Farmaci per l’obesità ritirati dal mercato

A cura di Alessandra Russo. Specialista in Tossicologia Medica. Messina
 
In un Editoriale pubblicato sulla rivista Prescrire International (1) è stato riportato che, nel 2016, un gruppo di lavoro inglese ha valutato i motivi del ritiro dal mercato dei farmaci dimagranti (2).
 
A livello mondiale tra il 1964 e il 2009 sono stati ritirati dal commercio 25 farmaci, di cui:

  • 22 avevano un meccanismo di azione che coinvolgeva i neurotrasmettitori monoamine (dopamina, noradrenalina o serotonina); esempi includono benfluorex, fenfluramina, fentermina (combinata con topiramato negli Stati Uniti) e sibutramina;
  • il rimonabant agisce sul recettore dei cannabinoidi;
  • 2 agivano sulla tiroide.

L’80% dei casi di ritiro dal mercato si sono basato sui dati provenienti dalle segnalazioni spontanee e riguardavano disturbi cardiaci (8 farmaci), disordini psichiatrici (7 farmaci) e abuso o dipendenza per 13 farmaci.
Per 7 di questi farmaci sono stati riportati casi di decessi da attribuire al farmaco.
Il tempo mediano intercorso tra l’introduzione al commercio e la prima segnalazione di un effetto avverso grave è stato di 10 anni.
Il tempo mediano intercorso tra la prima segnalazione di un effetto avverso grave e il primo ritiro dal mercato (in qualsiasi parte del mondo) è stato di 11 anni.

  • La fenfluramina è rimasta in commercio per 24 anni prima del suo ritiro a livello mondiale nel 1997 per valvulopatia cardiaca.
  • Il benfluorex è rimasto in commercio in Francia per 33 anni prima del suo ritiro nel 2009 per cardiotossicità. Inoltre, i disturbi alle valvole cardiache somigliavano a quelli causati dalla fenfluramina e la struttura chimica di questi due farmaci era molto simile.
  • In Francia, la fentermina è rimasta in commercio dal 1962 al 1988.
  • La sibutramina è stata ritirata in Europa nel 2010, circa 9 anni dopo la sua autorizzazione.
  • Il rimonabant è stato ritirato in Europa nel 2009, circa 2 anni dopo la sua autorizzazione.

Da questo studio sono stati esclusi i prodotti dimagranti a base di erbe medicinali.
Alla fine degli anni ’90, diversi pazienti in Europa hanno sviluppato insufficienza renale cronica a causa di prodotti dimagranti che si supponeva che contenessero la pianta Stephania tetrandra.
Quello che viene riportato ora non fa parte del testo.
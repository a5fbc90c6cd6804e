//! Cyclic polygons, compared with the best polygons from each starting point.

use crate::tests::samples::{Pages, page_of};
use bit_image::Bitmap;
use cyclic_optimal::cyclic_polygon;
use page_samples::{Shape, drawn};
use path_decompose::decompose;
use polygon_optimal::polygon;
use pt_base::is_closed_walk;
use pt_core::{NoMemory, Path, Point, Policy};
use std::alloc::Global;
use std::test::Fail;

/// A page with one path, the vertices of its cyclic polygon, their penalty, and the number of segments of the best
/// polygon through the path's first point.
const ROWS: &[(&[&str], &[u32], u128, usize)] = &[
    // Twelve pixels around the centre. Each segment has the penalty 323.
    (&[".##.", "####", "####", ".##."], &[3, 7, 11, 15], 1292, 5),
    // The lists 0 2 4 and 1 3 5 tie.
    (&["##"], &[0, 2, 4], 294, 3),
    (&["#"], &[0, 1, 2, 3], 0, 4),
    (&["###", "###"], &[0, 2, 5, 7], 0, 4),
];

#[test]
fn worked_paths(rt: HostRuntime) -> Result<(), Fail> {
    for &(rows, at, cost, through) in ROWS {
        let page = drawn(rt.alloc(), rows)?;
        for path in &decompose(rt.alloc(), &page, Policy::Minority)? {
            let found = polygons_of(rt.alloc(), path.points.as_slice(), at)?;
            assert_eq!(rt; found, (true, cost, through), "{rows:?}");
        }
    }
    Ok(())
}

/// Whether these are the vertices of the cyclic polygon, their penalty, and the number of segments of the best polygon
/// through the first point.
fn polygons_of(alloc: Global, points: &[Point], at: &[u32]) -> Result<(bool, u128, usize), Fail> {
    if !is_closed_walk(points) {
        return Ok((false, 0, 0));
    }
    let found = cyclic_polygon(alloc, points)?;
    let through = polygon(alloc, points)?;
    Ok((
        found.at.as_slice() == at,
        found.cost,
        through.at.as_slice().len(),
    ))
}

/// Pages, how many there are, and the least and the greatest number of paths of each. Discs have no corner, so their
/// windows are wide.
const PAGES: &[(Pages, u32, u32, u32)] = &[
    (
        Pages::Shaped(
            Shape::Stairs {
                rows: 3,
                columns: 7,
            },
            60,
        ),
        1,
        1,
        1,
    ),
    (
        Pages::Shaped(
            Shape::Band {
                rows: 5,
                columns: 13,
                high: 90,
            },
            80,
        ),
        1,
        1,
        1,
    ),
    (Pages::Shaped(Shape::Comb { width: 2 }, 26), 1, 1, 1),
    (Pages::Shaped(Shape::Disc, 20), 1, 1, 1),
    (Pages::Shaped(Shape::Disc, 45), 1, 1, 1),
    (Pages::Shaped(Shape::Disc, 100), 1, 1, 1),
    (Pages::Shaped(Shape::Nest { width: 3 }, 40), 1, 7, 7),
    (Pages::Noise(40, 32), 8, 21, u32::MAX),
];

#[test]
fn least_of_all_starts(rt: HostRuntime) -> Result<(), Fail> {
    for (row, (pages, size, least, most)) in PAGES.iter().enumerate() {
        for number in 0..*size {
            let page = page_of(rt.alloc(), *pages, number)?;
            let (paths, alike) = least_paths(rt.alloc(), &page)?;
            let within = *least <= paths && paths <= *most;
            assert_eq!(rt; (within, alike), (true, paths), "row {row}, page {number}");
        }
    }
    Ok(())
}

/// How many paths a page has, and for how many of them the cyclic polygon is the least over all starting points.
fn least_paths(alloc: Global, page: &Bitmap) -> Result<(u32, u32), Fail> {
    let (mut paths, mut least) = (0u32, 0u32);
    for path in &decompose(alloc, page, Policy::Minority)? {
        paths = paths.wrapping_add(1);
        least = least.wrapping_add(u32::from(is_least(alloc, path)?));
    }
    Ok((paths, least))
}

/// Whether the cyclic polygon of a path is the least among the best polygons from each starting point.
fn is_least(alloc: Global, path: &Path) -> Result<bool, Fail> {
    let points = path.points.as_slice();
    if !is_closed_walk(points) {
        return Ok(false);
    }
    let found = cyclic_polygon(alloc, points)?;
    let least = least_of_starts(alloc, points)?;
    Ok(found.at.as_slice() == least.at.as_slice() && found.cost == least.cost)
}

/// A polygon, as the indices of its vertices in the path.
#[derive(Drop)]
struct Found {
    at: Vec<u32>,
    cost: u128,
}

/// The first best one among the polygons from each starting point.
fn least_of_starts(alloc: Global, points: &[Point]) -> Result<Found, Fail> {
    let mut least = from_start(alloc, points, 0)?;
    for start in 1..points.len() {
        let next = from_start(alloc, points, start)?;
        if next.at.len() < least.at.len()
            || next.at.len() == least.at.len() && next.cost < least.cost
        {
            least = next;
        }
    }
    Ok(least)
}

/// The best polygon of the path that starts at this point.
fn from_start(alloc: Global, points: &[Point], start: usize) -> Result<Found, Fail> {
    let turned = turned(alloc, points, start)?;
    let mut at = Vec::new(alloc);
    if !is_closed_walk(&turned) {
        return Ok(Found { at, cost: 0 });
    }
    let found = polygon(alloc, &turned)?;
    for index in found.at.as_slice() {
        at.push(index.wrapping_add((start % (1 << 32)) as u32))?;
    }
    Ok(Found {
        at,
        cost: found.cost,
    })
}

/// The points from this one on, followed by the points before it.
fn turned(alloc: Global, points: &[Point], start: usize) -> Result<Vec<Point>, NoMemory> {
    let mut turned = Vec::new(alloc);
    for k in 0..points.len() {
        turned.push(points[k.wrapping_add(start) % points.len()])?;
    }
    Ok(turned)
}
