// What each kind of step does.
impl World {
    fn act(&mut self, alloc: Global, step: Step) -> Result<Event, AllocError>
        requires { IsStepOf (length self.old.replicas) step }
        ensures step { IfOk result (λ event. step_of self.old step ≡ (event, self.new)) }
        ensures err { OnErr result (self.new ≡ self.old) }
    {
        match step {
            Step::Submit(number) => self.submit(alloc, number),
            Step::Send(number) => self.send(number),
            Step::Deliver { to, packet } => self.deliver(alloc, to, packet),
            Step::Begin(number) => self.begin(alloc, number),
            Step::Freeze(number) => self.freeze(alloc, number),
            Step::OpenEpoch => self.open(alloc),
            Step::Thaw(number) => Ok(self.thaw(number)),
        }
    }

    fn submit(&mut self, alloc: Global, number: u32) -> Result<Event, AllocError>
        requires { number < length self.old.replicas }
        ensures step { IfOk result (λ event. unless_frozen self.old number (submit_row self.old number (slice_get self.old.replicas number)) ≡ (event, self.new)) }
        ensures err { OnErr result (self.new ≡ self.old) }
    {
        if self.is_frozen(number) {
            return Ok(Event::Held);
        }
        self.try_next(alloc, number)
    }

    // A replica that is not frozen tries its next call.
    fn try_next(&mut self, alloc: Global, number: u32) -> Result<Event, AllocError>
        requires below { number < length self.old.replicas }
        requires free { worlds.is_frozen self.old.course number ≡ false }
        ensures step { IfOk result (λ event. submit_row self.old number (slice_get self.old.replicas number) ≡ (event, self.new)) }
        ensures err { OnErr result (self.new ≡ self.old) }
    {
        steps_keep_safe();
        let life = &mut self.lives[number as usize];
        let answer = life.submit(alloc)?;
        Ok(submitted(answer))
    }

    fn send(&mut self, number: u32) -> Result<Event, AllocError>
        requires { number < length self.old.replicas }
        ensures step { IfOk result (λ event. unless_frozen self.old number (send_row self.old (slice_get self.old.replicas number)) ≡ (event, self.new)) }
        ensures err { OnErr result (self.new ≡ self.old) }
    {
        if self.is_frozen(number) {
            return Ok(Event::Held);
        }
        self.publish(number)
    }

    // A replica that is not frozen sends what it has.
    fn publish(&mut self, number: u32) -> Result<Event, AllocError>
        requires below { number < length self.old.replicas }
        requires free { worlds.is_frozen self.old.course number ≡ false }
        ensures step { IfOk result (λ event. send_row self.old (slice_get self.old.replicas number) ≡ (event, self.new)) }
        ensures err { OnErr result (self.new ≡ self.old) }
    {
        steps_keep_safe();
        let packet = self.lives[number as usize].publish()?;
        let number = self.packets.len() as u64;
        self.packets.push(packet)?;
        Ok(Event::Sent(number))
    }

    fn deliver(&mut self, alloc: Global, to: u32, packet: u64) -> Result<Event, AllocError>
        requires { to < length self.old.replicas }
        ensures step { IfOk result (λ event. if_sent self.old to (slice_get self.old.packets packet) ≡ (event, self.new)) }
        ensures err { OnErr result (self.new ≡ self.old) }
    {
        if (packet as usize) >= self.packets.len() {
            return Ok(Event::NoPacket);
        }
        if self.is_frozen(to) {
            return Ok(Event::Held);
        }
        self.hand(alloc, to, packet)
    }

    // A replica that is not frozen gets a packet, if it was sent.
    fn hand(&mut self, alloc: Global, to: u32, packet: u64) -> Result<Event, AllocError>
        requires below { to < length self.old.replicas }
        requires free { worlds.is_frozen self.old.course to ≡ false }
        ensures step { IfOk result (λ event. if_sent self.old to (slice_get self.old.packets packet) ≡ (event, self.new)) }
        ensures err { OnErr result (self.new ≡ self.old) }
    {
        steps_keep_safe();
        let Some(packet) = self.packets.get(packet as usize) else {
            return Ok(Event::NoPacket);
        };
        let life = &mut self.lives[to as usize];
        let answer = life.receive(alloc, packet)?;
        Ok(received(answer))
    }

    fn begin(&mut self, alloc: Global, number: u32) -> Result<Event, AllocError>
        requires { number < length self.old.replicas }
        ensures step { IfOk result (λ event. begin_by self.old number self.old.course ≡ (event, self.new)) }
        ensures err { OnErr result (self.new ≡ self.old) }
    {
        steps_keep_safe();
        match self.change {
            Change::Idle => {}
            Change::Freezing { .. } => return Ok(Event::Busy(Stage::Freezing)),
            Change::Decided { .. } => return Ok(Event::Busy(Stage::Decided)),
        }
        let life = &self.lives[number as usize];
        if life.mark().is_none() {
            return Ok(Event::Nothing);
        }
        let epoch = life.epoch().clone()?;
        let collect = Collect::new(alloc, epoch, self.lives.len() as u32)?;
        self.change = Change::Freezing {
            coordinator: number,
            collect,
        };
        Ok(Event::Begun)
    }

    fn freeze(&mut self, alloc: Global, number: u32) -> Result<Event, AllocError>
        requires { number < length self.old.replicas }
        ensures step { IfOk result (λ event. freeze_by self.old number self.old.course ≡ (event, self.new)) }
        ensures err { OnErr result (self.new ≡ self.old) }
    {
        steps_keep_safe();
        match &mut self.change {
            Change::Idle => Ok(Event::Idle),
            Change::Decided { .. } => Ok(Event::Busy(Stage::Decided)),
            Change::Freezing { collect, .. } => {
                if collect.has(number) {
                    return Ok(Event::Held);
                }
                let life = &mut self.lives[number as usize];
                life.reserve(alloc)?;
                let part = life.part()?;
                collect.put(part);
                Ok(Event::Frozen)
            }
        }
    }

    fn open(&mut self, alloc: Global) -> Result<Event, AllocError>
        ensures step { IfOk result (λ event. open_by self.old self.old.course ≡ (event, self.new)) }
        ensures err { OnErr result (self.new ≡ self.old) }
    {
        steps_keep_safe();
        match &self.change {
            Change::Idle => Ok(Event::Idle),
            Change::Decided { .. } => Ok(Event::Busy(Stage::Decided)),
            Change::Freezing {
                coordinator,
                collect,
            } => {
                if !collect.is_full() {
                    return Ok(Event::Busy(Stage::Freezing));
                }
                let coordinator = *coordinator;
                let records = self.table.list().len();
                prove!(records < usize::MAX);
                let wanted = self.lives[coordinator as usize].wish();
                let ruling = rule(alloc, collect, wanted)?;
                let grants = granted(alloc, &ruling, self.lives.len())?;
                note(&mut self.table, &ruling)?;
                let event = ruled(&ruling);
                self.change = Change::Decided {
                    coordinator,
                    ruling,
                    grants,
                };
                Ok(event)
            }
        }
    }

    fn thaw(&mut self, number: u32) -> Event
        requires { number < length self.old.replicas }
        ensures { thaw_by self.old number self.old.course ≡ (result, self.new) }
    {
        steps_keep_safe();
        match &mut self.change {
            Change::Idle => Event::Idle,
            Change::Freezing { .. } => Event::Busy(Stage::Freezing),
            Change::Decided {
                coordinator,
                grants,
                ..
            } => {
                let Some(grant) = grants[number as usize].take() else {
                    return Event::Free;
                };
                let answer = self.lives[number as usize].adopt(grant, number == *coordinator);
                let event = adopted(answer);
                if !is_left(grants.as_slice()) {
                    end(&mut self.change);
                }
                event
            }
        }
    }
}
Tali prodotti a base di erbe contenevano un’altra pianta appartenente al genere Aristolochia.
Circa la metà dei pazienti ha sviluppato un carcinoma del tratto urinario.
 
Bibliografia

  1. Prescrire International 2017; 26: 255.
  2. Onakpoya IJ et al. Post-marketing withdrawal of anti-obesity medicinal products because of adverse drug reactions: a systematic review. BMC Med 2016; 14: 191.